On se réjouit qu’il y ait de plus en plus de monde, que le monde économique soit de plus en plus présent et engagé… mais on les accuse de faire du lobbying.
Les entreprises s’intéressent de plus en plus aux COP, au climat en général, donc elles envoient des représentants pour voir ce qui s’y passe, signer des contrats, trouver des financements.
D’une certaine façon, La COP est devenue une sorte de grande marketplace des énergies renouvelables. Un peu comme le festival de Cannes ou de l’aviation au Bourget.  

ENGAGE : D’accord, mais Cannes n’est pas un événement politique…
François Gemenne : Exactement. La COP est devenue, aussi, une sorte de grand marché. Une sorte de “Change Now” à l’échelle mondiale. Cette dimension s’est fortement renforcée ces dix dernières années, depuis la COP21.

ENGAGE : En exagérant un peu le trait, tu penses donc, tu dis finalement que c’est devenu une conférence de plus ?
François Gemenne : Oui. Et du coup, son ambition de régulateur climatique mondial disparaît peu à peu.
Le processus politique donne l’impression d’arriver au bout de ce qu’il peut donner.
L’accord de Paris reste un horizon assez indépassable. Pour aller plus loin, il faudrait des engagements contraignants — mais personne n’en veut aujourd’hui.
C’est devenu un truc très hybride. Une sorte de Davos du climat.
Même décalage que Davos, si tu veux, beaucoup d’acteurs, beaucoup de rencontres, mais politiquement ça reste bloqué.

ENGAGE : Comment dépasser ça ?
François Gemenne : Je vois trois pistes.
Première piste, arrêter de tout focaliser sur la décision finale, impossible à obtenir à 195 car d’autres programmes avancent en parallèle, mais personne ne les regarde.
Deuxième piste, casser la règle du consensus. Permettre à des coalitions de pays d’avancer sur certains sujets. C’est ce que fait la Colombie avec le sommet de Santa Marta sur la sortie des fossiles : rassembler 40 ou 50 pays volontaires. On aura de vrais engagements, en passant du multilatéralisme au minilatéralisme.
Et je plaiderais pour que ces initiatives se fassent dans la COP, pas en dehors, pour ne pas l’affaiblir.
Troisième piste, assumer la fonction marketplace. Permettre aux entreprises, villes, collectivités, de participer réellement à certaines réunions pour sortir de l’ambiguïté.
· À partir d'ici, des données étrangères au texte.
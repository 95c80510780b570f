//! Which datagrams are dropped to save memory.
ghost use Rattle.std.specs.Prelude.{◌≡◌, true, [], ◌∷◌, replicate};
ghost use Rattle.etherparse.specs.Fragments.{fragment};
ghost use Rattle.packets.specs.Examples.{eight_bytes, three_datagrams, named};
ghost use Rattle.packets.specs.ReassemblyMemory.{dropped_within, order_within, taken, taken_by};

/// What a datagram takes: 640 bytes, and those up to the greatest end of a fragment, whatever lies
/// between.
pub fn taken_by_fragments()
    ensures first { taken_by (fragment 0 true (replicate 8 1) ∷ []) ≡ 648 }
    ensures gap { taken_by (fragment 0 true (replicate 8 1) ∷ fragment 5 true (replicate 8 1) ∷ []) ≡ 688 }
    ensures order { taken_by (fragment 5 true (replicate 8 1) ∷ fragment 0 true (replicate 8 1) ∷ []) ≡ 688 }
{}

/// Of three datagrams with a fragment of 8 bytes each, the first ones are dropped while the others
/// take more than they may.
pub fn dropped_of_three()
    ensures all { taken eight_bytes three_datagrams ≡ 1944 }
    ensures enough { dropped_within 1944 eight_bytes three_datagrams ≡ 0 }
    ensures one { dropped_within 1943 eight_bytes three_datagrams ≡ 1 }
    ensures two { dropped_within 1295 eight_bytes three_datagrams ≡ 2 }
    ensures three { dropped_within 647 eight_bytes three_datagrams ≡ 3 }
    ensures left { order_within 1943 eight_bytes three_datagrams
        ≡ (named 2, 0) ∷ (named 3, 0) ∷ [] }
{}
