//! A queue of whole messages: taken, peeked at, cut, and with little memory.
ghost use Rattle.std.specs.Prelude.{◌<◌, length};

use crate::values::{expect_references, fails, path, references};
use hoard::Hoard;
use linked_list_allocator::LocalHeap;
use std::alloc::{AllocError, Allocator, Global};
use std::process::Abort;
use ux_record::{Peeked, RecordQueue};
use ux_rights::{Draft, Origin, RefList, SendError};
use ux_types::{Addr, Bytes, Cred, Pid};

const CRED: Cred = Cred {
    pid: Pid(4),
    uid: 5,
    gid: 6,
};

/// The numbers of the references that a message has.
const RIGHTS: &[u128] = &[7, 8, 7];

/// The message of call 9, of which two bytes were asked for.
fn assert_cut(rt: &impl Abort, received: Peeked, from: &Option<Addr>) {
    assert_eq!(rt; received.bytes.as_slice(), b"ab".as_slice());
    expect_references(rt, &received.rights, RIGHTS);
    let origin = Some(Origin { tag: 9, uid: 1000 });
    assert_eq!(rt;
        (received.whole, received.origin, received.cred),
        (3, origin, CRED)
    );
    assert!(rt; received.from == *from);
}

/// A message without bytes, rights and a sender's name.
fn assert_nothing(rt: &impl Abort, received: Peeked) {
    assert_eq!(rt;
        (received.bytes.len(), received.whole, received.origin),
        (0, 0, None)
    );
    assert!(rt; received.from.is_none());
}

/// Sends a message, which is queued.
fn send<A: Allocator + Copy>(
    rt: &impl Abort,
    queue: &mut RecordQueue<A>,
    bytes: &Bytes,
    tag: u64,
    rights: RefList,
    from: Option<Addr>,
) {
    let draft = Draft {
        tag,
        bytes,
        cred: CRED,
        uid: 1000,
    };
    let sent = queue.send(draft, rights, from);
    assert!(rt; sent.is_ok());
}

/// Takes the first message, of which a receive of at most n bytes gives this.
fn receive<A: Allocator + Copy>(
    rt: &impl Abort,
    queue: &mut RecordQueue<A>,
    n: usize,
) -> Result<Peeked, AllocError>
    requires { 0 < length queue.old }
{
    let received = queue.peek(n)?;
    match queue.pop_message() {
        Some((rights, uid)) => {
            assert_eq!(rt; rights.len(), received.rights.len());
            if let Some(origin) = &received.origin {
                assert_eq!(rt; origin.uid, uid);
            }
        }
        None => assert!(rt; false),
    }
    Ok(received)
}

/// Peeks at the message of call 9, and takes it.
fn take_cut<A: Allocator + Copy>(
    rt: &impl Abort,
    queue: &mut RecordQueue<A>,
    from: &Option<Addr>,
) -> Result<(), AllocError> {
    assert!(rt; !queue.is_empty());
    assert_cut(rt, queue.peek(2)?, from);
    assert_cut(rt, receive(rt, queue, 2)?, from);
    Ok(())
}

/// Takes two messages without bytes, the second without a look at it.
fn take_both<A: Allocator + Copy>(
    rt: &impl Abort,
    queue: &mut RecordQueue<A>,
) -> Result<(), AllocError> {
    assert!(rt; !queue.is_empty());
    assert_nothing(rt, receive(rt, queue, 8)?);
    match queue.pop_message() {
        Some((rights, uid)) => assert_eq!(rt; (rights.len(), uid), (0, 1000)),
        None => assert!(rt; false),
    }
    Ok(())
}

#[test]
fn whole_messages_in_order(rt: HostRuntime) -> Result<(), AllocError> {
    let alloc = rt.alloc();
    let from = Some(path(alloc, b"/a")?);
    let mut queue = RecordQueue::new(alloc);
    let rights = references(alloc, RIGHTS)?;
    send(
        &rt,
        &mut queue,
        &Bytes::short(b"abc"),
        9,
        rights,
        from.clone()?,
    );
    send(
        &rt,
        &mut queue,
        &Bytes::empty(),
        10,
        RefList::new(alloc),
        None,
    );
    send(
        &rt,
        &mut queue,
        &Bytes::empty(),
        11,
        RefList::new(alloc),
        None,
    );
    assert_eq!(rt; queue.len(), 3);
    take_cut(&rt, &mut queue, &from)?;
    take_both(&rt, &mut queue)?;
    assert!(rt; queue.is_empty());
    assert!(rt; queue.pop_message().is_none());
    Ok(())
}

/// Sends a message where the queue is full, which gives it back.
fn expect_full(
    rt: &impl Abort,
    alloc: Global,
    queue: &mut RecordQueue,
    from: &Option<Addr>,
) -> Result<(), AllocError> {
    let rights = references(alloc, RIGHTS)?;
    let bytes = Bytes::short(b"y");
    let draft = Draft {
        tag: 16,
        bytes: &bytes,
        cred: CRED,
        uid: 5,
    };
    match queue.send(draft, rights, from.clone()?) {
        Ok(()) => assert!(rt; false),
        Err(unsent) => {
            assert_eq!(rt; unsent.error, SendError::Full);
            expect_references(rt, &unsent.rights, RIGHTS);
            assert!(rt; unsent.from == *from);
        }
    }
    Ok(())
}

#[test]
fn the_seventeenth_is_refused(rt: HostRuntime) -> Result<(), AllocError> {
    let alloc = rt.alloc();
    let mut queue = RecordQueue::new(alloc);
    for tag in 0..16_u64 {
        assert!(rt; !queue.is_full());
        send(
            &rt,
            &mut queue,
            &Bytes::short(b"x"),
            tag,
            RefList::new(alloc),
            None,
        );
    }
    assert!(rt; queue.is_full());
    let from = Some(path(alloc, b"/b")?);
    expect_full(&rt, alloc, &mut queue, &from)?;
    assert_eq!(rt; queue.len(), 16);
    Ok(())
}

/// Sends a message with 20 bytes, and reports whether it was queued.
fn is_queued<A: Allocator + Copy>(
    rt: &impl Abort,
    alloc: Global,
    queue: &mut RecordQueue<A>,
    tag: u8,
    from: &Option<Addr>,
) -> Result<bool, AllocError> {
    let name = from.clone()?;
    let rights = references(alloc, RIGHTS)?;
    let bytes = Bytes::from_slice(alloc, &[tag; 20])?;
    let draft = Draft {
        tag: tag as u64,
        bytes: &bytes,
        cred: CRED,
        uid: 5,
    };
    match queue.send(draft, rights, name) {
        Ok(()) => Ok(true),
        Err(unsent) => {
            assert_eq!(rt; unsent.error, SendError::NoMemory);
            expect_references(rt, &unsent.rights, RIGHTS);
            assert!(rt; unsent.from == *from);
            Ok(false)
        }
    }
}

/// Sees what a receive gives of a message with 20 bytes.
fn expect_whole(rt: &impl Abort, received: Peeked, tag: u8, from: &Option<Addr>) {
    assert_eq!(rt; received.bytes.as_slice(), [tag; 20].as_slice());
    expect_references(rt, &received.rights, RIGHTS);
    assert!(rt; received.from == *from);
}

/// Peeks at a message with 20 bytes, and takes it.
fn take<A: Allocator + Copy>(
    rt: &impl Abort,
    queue: &mut RecordQueue<A>,
    tag: u8,
    from: &Option<Addr>,
) -> Result<(), AllocError> {
    assert!(rt; !queue.is_empty());
    expect_whole(rt, queue.peek(20)?, tag, from);
    expect_whole(rt, receive(rt, queue, 20)?, tag, from);
    Ok(())
}

/// Sends twelve messages, takes those that were queued, and says how many sends failed.
fn pass<A: Allocator + Copy>(
    rt: &impl Abort,
    alloc: Global,
    queue: &mut RecordQueue<A>,
) -> Result<u64, AllocError> {
    let mut failed: u64 = 0;
    let from = Some(path(alloc, b"/c")?);
    let mut queued = Vec::new(alloc);
    for tag in 0..12_u8 {
        if is_queued(rt, alloc, queue, tag, &from)? {
            queued.push(tag)?;
        } else {
            failed = failed.saturating_add(1);
        }
        assert_eq!(rt; queue.len(), queued.len());
    }
    for tag in &queued {
        take(rt, queue, *tag, &from)?;
    }
    assert!(rt; queue.is_empty());
    Ok(failed)
}

/// On a heap that is 16 bytes larger each time, each allocation is at some time the first that fails.
/// The queue is then as before.
#[test]
fn failed_allocations_change_nothing(rt: HostRuntime) -> Result<(), AllocError> {
    let alloc = rt.alloc();
    let mut all: u64 = 0;
    for blocks in 0..1000_usize {
        let heap = LocalHeap::new(alloc, blocks * 16)?;
        let failed = pass(&rt, alloc, &mut RecordQueue::new(&heap))?;
        if failed == 0 {
            assert!(rt; all > 0, "{all}");
            return Ok(());
        }
        all = all.saturating_add(failed);
    }
    assert!(rt; false, "no heap was enough");
    Ok(())
}

/// Where there is no memory, a peek at many rights fails, and they can still be taken off.
#[test]
fn what_cannot_be_copied_moves(rt: HostRuntime) -> Result<(), AllocError> {
    let alloc = rt.alloc();
    let mut queue = RecordQueue::new(alloc);
    let rights = references(alloc, &[1, 2, 3, 4, 5])?;
    send(&rt, &mut queue, &Bytes::short(b"a"), 1, rights, None);
    assert!(rt; !queue.is_empty());
    let hoard = Hoard::take_all(alloc)?;
    let failed = fails(queue.peek(1));
    let first = queue.pop_message();
    drop(hoard);
    assert!(rt; failed);
    match first {
        Some((rights, uid)) => assert_eq!(rt; (rights.len(), uid), (5, 1000)),
        None => assert!(rt; false),
    }
    Ok(())
}

/// Sees what a receive of at most n bytes gives of a message without rights.
fn expect_first(rt: &impl Abort, received: Peeked, n: usize, bytes: &[u8], from: &Option<Addr>) {
    assert_eq!(rt; received.bytes.as_slice(), &bytes[..n.min(bytes.len())]);
    assert_eq!(rt; (received.whole, received.rights.len()), (bytes.len(), 0));
    assert!(rt; received.from == *from);
}

/// How many bytes are asked for.
const WANTED: &[usize] = &[0, 14, 15, 50, 99, 100, 101];

/// Takes each of the messages with these bytes, for which a peek shows what all receives would give.
fn take_each(
    rt: &impl Abort,
    queue: &mut RecordQueue,
    bytes: &[u8],
    from: &Option<Addr>,
) -> Result<(), AllocError> {
    for n in WANTED {
        for peeked in WANTED {
            assert!(rt; !queue.is_empty());
            expect_first(rt, queue.peek(*peeked)?, *peeked, bytes, from);
        }
        assert!(rt; !queue.is_empty());
        expect_first(rt, receive(rt, queue, *n)?, *n, bytes, from);
    }
    Ok(())
}

/// The bytes and the name are handed on, so a receive of any part of them needs no memory.
#[test]
fn a_message_is_handed_on_without_memory(rt: HostRuntime) -> Result<(), AllocError> {
    let alloc = rt.alloc();
    let mut queue = RecordQueue::new(alloc);
    let from = Some(path(alloc, b"/a/name/of/many/bytes")?);
    let mut long = Vec::new(alloc);
    for byte in 0..100_u8 {
        long.push(byte)?;
    }
    let short = Vec::from_slice(alloc, b"fourteen bytes")?;
    for bytes in [&long, &short] {
        for _ in WANTED {
            let bytes = Bytes::from_slice(alloc, bytes)?;
            let none = RefList::new(alloc);
            send(&rt, &mut queue, &bytes, 1, none, from.clone()?);
        }
    }
    let hoard = Hoard::take_all(alloc)?;
    let taken = take_each(&rt, &mut queue, &long, &from);
    let taken_too = take_each(&rt, &mut queue, &short, &from);
    drop(hoard);
    taken?;
    taken_too?;
    assert!(rt; queue.is_empty());
    Ok(())
}

fn sends<T: Send>(_: &T) {}

#[test]
fn a_queue_moves_to_another_thread(rt: HostRuntime) {
    sends(&RecordQueue::new(rt.alloc()));
}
ENGAGE : Mais la COP, au départ, est un processus politique…
François Gemenne : Oui, je te l’accorde. Mais peut-être faut-il accepter qu’il le soit de moins en moins.
Dans le contexte politique actuel, de fait, je fais aujourd’hui plus confiance à beaucoup de patrons du CAC40 qu’à des dirigeants comme Orban ou Milei pour faire avancer la transition. C’est terrible à dire, mais c’est vrai. C’est une leçon assez tragique pour un social démocrate, mais c’est une réalité.

ENGAGE : Mais il faut quand même un cadre réglementaire.
François Gemenne : Oui, sans doute. J’aimerais croire à la réglementation. Mais attendre la réglementation, c’est comme attendre Godot. Il faut être pragmatique car nous devons avancer.
Aujourd’hui, même dans un contexte très peu porteur, la transition continue malgré la politique, notamment dans les énergies.
Les choses avanceront si les entreprises y trouvent un intérêt économique, si la convergence entre intérêts particuliers ou privés et intérêt général se renforce.

ENGAGE : Un message d’espoir à partager ?
François Gemenne : Le fait que cela continue à attirer beaucoup de monde. La diversité des participants. La rencontre entre des personnes et organisations qui, sinon, ne se rencontreraient jamais.
Aujourd’hui, il faut probablement accepter l’idée qu’une erreur de l’Accord de Paris a été de penser que l’impulsion viendrait des gouvernements. En réalité, elle vient surtout de la société.